_What the task requires_. Using the entries that follow, report the number of lines that include the string "memory", without any other text.

★ ★ ★

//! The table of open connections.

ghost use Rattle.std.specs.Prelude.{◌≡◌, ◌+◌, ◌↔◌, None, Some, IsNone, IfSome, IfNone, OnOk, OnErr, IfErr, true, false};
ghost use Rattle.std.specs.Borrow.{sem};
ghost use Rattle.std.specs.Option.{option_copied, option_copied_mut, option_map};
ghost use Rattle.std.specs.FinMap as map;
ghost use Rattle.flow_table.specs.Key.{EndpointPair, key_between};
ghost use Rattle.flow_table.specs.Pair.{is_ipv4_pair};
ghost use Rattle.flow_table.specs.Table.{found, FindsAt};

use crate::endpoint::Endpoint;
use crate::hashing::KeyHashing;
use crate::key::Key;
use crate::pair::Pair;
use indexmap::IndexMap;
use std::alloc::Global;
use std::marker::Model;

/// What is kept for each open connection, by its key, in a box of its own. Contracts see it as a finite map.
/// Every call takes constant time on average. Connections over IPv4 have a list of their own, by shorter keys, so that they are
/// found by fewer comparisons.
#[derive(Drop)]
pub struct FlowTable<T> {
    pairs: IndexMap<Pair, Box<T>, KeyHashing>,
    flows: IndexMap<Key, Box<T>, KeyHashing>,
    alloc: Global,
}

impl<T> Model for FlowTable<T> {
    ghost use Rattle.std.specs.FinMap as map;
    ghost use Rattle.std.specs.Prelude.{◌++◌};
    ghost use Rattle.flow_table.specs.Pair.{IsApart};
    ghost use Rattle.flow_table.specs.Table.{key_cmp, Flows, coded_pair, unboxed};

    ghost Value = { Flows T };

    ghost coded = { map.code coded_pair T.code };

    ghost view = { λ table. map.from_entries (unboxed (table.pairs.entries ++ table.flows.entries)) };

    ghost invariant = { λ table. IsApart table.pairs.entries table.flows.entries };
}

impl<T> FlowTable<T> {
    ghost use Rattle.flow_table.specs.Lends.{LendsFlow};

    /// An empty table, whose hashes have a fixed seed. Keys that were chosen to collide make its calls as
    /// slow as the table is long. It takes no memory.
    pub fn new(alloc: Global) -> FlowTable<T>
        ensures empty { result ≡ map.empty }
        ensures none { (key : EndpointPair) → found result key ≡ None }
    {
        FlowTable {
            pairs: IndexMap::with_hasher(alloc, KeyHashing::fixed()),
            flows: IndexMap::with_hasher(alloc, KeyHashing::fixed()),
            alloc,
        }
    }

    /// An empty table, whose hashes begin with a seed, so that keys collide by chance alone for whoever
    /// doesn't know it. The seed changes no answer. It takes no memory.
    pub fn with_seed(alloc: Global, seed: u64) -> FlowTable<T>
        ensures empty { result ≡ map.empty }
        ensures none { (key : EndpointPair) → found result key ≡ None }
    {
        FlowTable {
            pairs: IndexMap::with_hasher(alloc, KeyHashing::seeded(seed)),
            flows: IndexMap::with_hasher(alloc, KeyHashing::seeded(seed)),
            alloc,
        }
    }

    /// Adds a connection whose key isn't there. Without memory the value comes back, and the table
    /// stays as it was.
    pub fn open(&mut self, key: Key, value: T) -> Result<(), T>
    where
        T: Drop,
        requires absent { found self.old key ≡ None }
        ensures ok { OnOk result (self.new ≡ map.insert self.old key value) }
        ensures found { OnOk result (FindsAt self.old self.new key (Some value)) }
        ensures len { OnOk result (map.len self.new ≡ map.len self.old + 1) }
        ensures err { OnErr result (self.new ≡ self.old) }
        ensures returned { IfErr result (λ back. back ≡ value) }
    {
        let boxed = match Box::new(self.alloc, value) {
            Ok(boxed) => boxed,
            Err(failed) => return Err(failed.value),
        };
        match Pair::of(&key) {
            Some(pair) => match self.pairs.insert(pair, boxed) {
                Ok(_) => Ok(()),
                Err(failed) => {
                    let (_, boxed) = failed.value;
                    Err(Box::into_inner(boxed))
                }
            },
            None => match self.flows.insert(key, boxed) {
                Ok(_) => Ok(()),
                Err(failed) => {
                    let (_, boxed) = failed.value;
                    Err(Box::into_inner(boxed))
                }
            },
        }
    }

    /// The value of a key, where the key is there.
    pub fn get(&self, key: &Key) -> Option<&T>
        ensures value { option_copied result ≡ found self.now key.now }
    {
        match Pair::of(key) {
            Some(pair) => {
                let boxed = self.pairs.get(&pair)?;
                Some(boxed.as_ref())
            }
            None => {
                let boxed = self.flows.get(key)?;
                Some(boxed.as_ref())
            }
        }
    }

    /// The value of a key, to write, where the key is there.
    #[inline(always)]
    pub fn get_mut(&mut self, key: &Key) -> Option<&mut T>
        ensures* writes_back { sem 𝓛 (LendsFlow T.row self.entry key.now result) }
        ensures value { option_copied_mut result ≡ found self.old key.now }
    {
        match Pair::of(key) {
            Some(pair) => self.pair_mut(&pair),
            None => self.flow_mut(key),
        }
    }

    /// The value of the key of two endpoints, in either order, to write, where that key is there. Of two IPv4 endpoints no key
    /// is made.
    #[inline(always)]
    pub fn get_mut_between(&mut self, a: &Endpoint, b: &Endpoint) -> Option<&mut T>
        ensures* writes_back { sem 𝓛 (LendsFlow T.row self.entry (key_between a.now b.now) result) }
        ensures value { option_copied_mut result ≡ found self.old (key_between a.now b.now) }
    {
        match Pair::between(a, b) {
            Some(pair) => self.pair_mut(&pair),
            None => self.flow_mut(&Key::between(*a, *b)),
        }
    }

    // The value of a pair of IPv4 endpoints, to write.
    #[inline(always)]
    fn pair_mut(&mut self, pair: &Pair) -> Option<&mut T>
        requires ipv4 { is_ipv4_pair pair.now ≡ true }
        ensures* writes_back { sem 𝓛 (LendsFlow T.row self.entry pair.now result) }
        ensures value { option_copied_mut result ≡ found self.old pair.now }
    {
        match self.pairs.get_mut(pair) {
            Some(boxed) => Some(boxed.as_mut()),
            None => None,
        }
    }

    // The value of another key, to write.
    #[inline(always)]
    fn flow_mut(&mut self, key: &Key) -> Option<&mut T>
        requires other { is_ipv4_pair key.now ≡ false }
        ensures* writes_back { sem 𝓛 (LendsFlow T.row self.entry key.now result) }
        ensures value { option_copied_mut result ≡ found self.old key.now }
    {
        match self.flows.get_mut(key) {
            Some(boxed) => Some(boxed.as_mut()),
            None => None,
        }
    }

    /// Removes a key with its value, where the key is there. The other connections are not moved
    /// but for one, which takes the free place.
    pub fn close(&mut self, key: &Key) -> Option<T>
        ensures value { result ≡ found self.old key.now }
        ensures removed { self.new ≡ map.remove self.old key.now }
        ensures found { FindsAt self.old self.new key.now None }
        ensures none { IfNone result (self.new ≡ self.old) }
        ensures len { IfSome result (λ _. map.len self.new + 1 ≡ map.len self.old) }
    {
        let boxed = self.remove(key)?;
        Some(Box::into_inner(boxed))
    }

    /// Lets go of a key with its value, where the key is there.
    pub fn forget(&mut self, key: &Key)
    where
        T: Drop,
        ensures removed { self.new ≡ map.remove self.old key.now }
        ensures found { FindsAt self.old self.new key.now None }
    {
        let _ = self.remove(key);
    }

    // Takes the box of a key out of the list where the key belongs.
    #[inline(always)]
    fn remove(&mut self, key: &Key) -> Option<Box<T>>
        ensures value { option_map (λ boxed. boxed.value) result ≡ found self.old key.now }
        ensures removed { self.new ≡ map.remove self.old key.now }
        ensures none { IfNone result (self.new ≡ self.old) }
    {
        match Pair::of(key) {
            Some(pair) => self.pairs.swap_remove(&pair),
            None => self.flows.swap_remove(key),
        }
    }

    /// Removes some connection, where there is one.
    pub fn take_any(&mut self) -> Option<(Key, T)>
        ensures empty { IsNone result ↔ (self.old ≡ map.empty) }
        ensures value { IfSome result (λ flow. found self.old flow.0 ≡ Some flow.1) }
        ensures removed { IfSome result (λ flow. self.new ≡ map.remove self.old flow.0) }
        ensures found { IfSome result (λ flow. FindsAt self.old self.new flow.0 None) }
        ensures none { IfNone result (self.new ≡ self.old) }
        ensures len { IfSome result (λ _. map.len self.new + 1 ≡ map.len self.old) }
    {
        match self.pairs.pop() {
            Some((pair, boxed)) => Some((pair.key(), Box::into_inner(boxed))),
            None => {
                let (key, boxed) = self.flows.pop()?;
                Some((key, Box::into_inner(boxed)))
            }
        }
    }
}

★ ★ ★

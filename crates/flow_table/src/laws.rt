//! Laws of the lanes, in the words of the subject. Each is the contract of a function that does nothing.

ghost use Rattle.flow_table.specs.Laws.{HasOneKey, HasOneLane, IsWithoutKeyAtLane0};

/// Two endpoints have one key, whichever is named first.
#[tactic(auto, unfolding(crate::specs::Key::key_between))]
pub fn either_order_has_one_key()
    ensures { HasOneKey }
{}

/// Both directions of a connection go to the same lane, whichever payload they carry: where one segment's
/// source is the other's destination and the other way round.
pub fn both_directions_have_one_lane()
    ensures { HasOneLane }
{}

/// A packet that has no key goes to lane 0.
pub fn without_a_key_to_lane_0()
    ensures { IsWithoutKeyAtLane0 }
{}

★ ★ ★

_Output of the exercise_. 3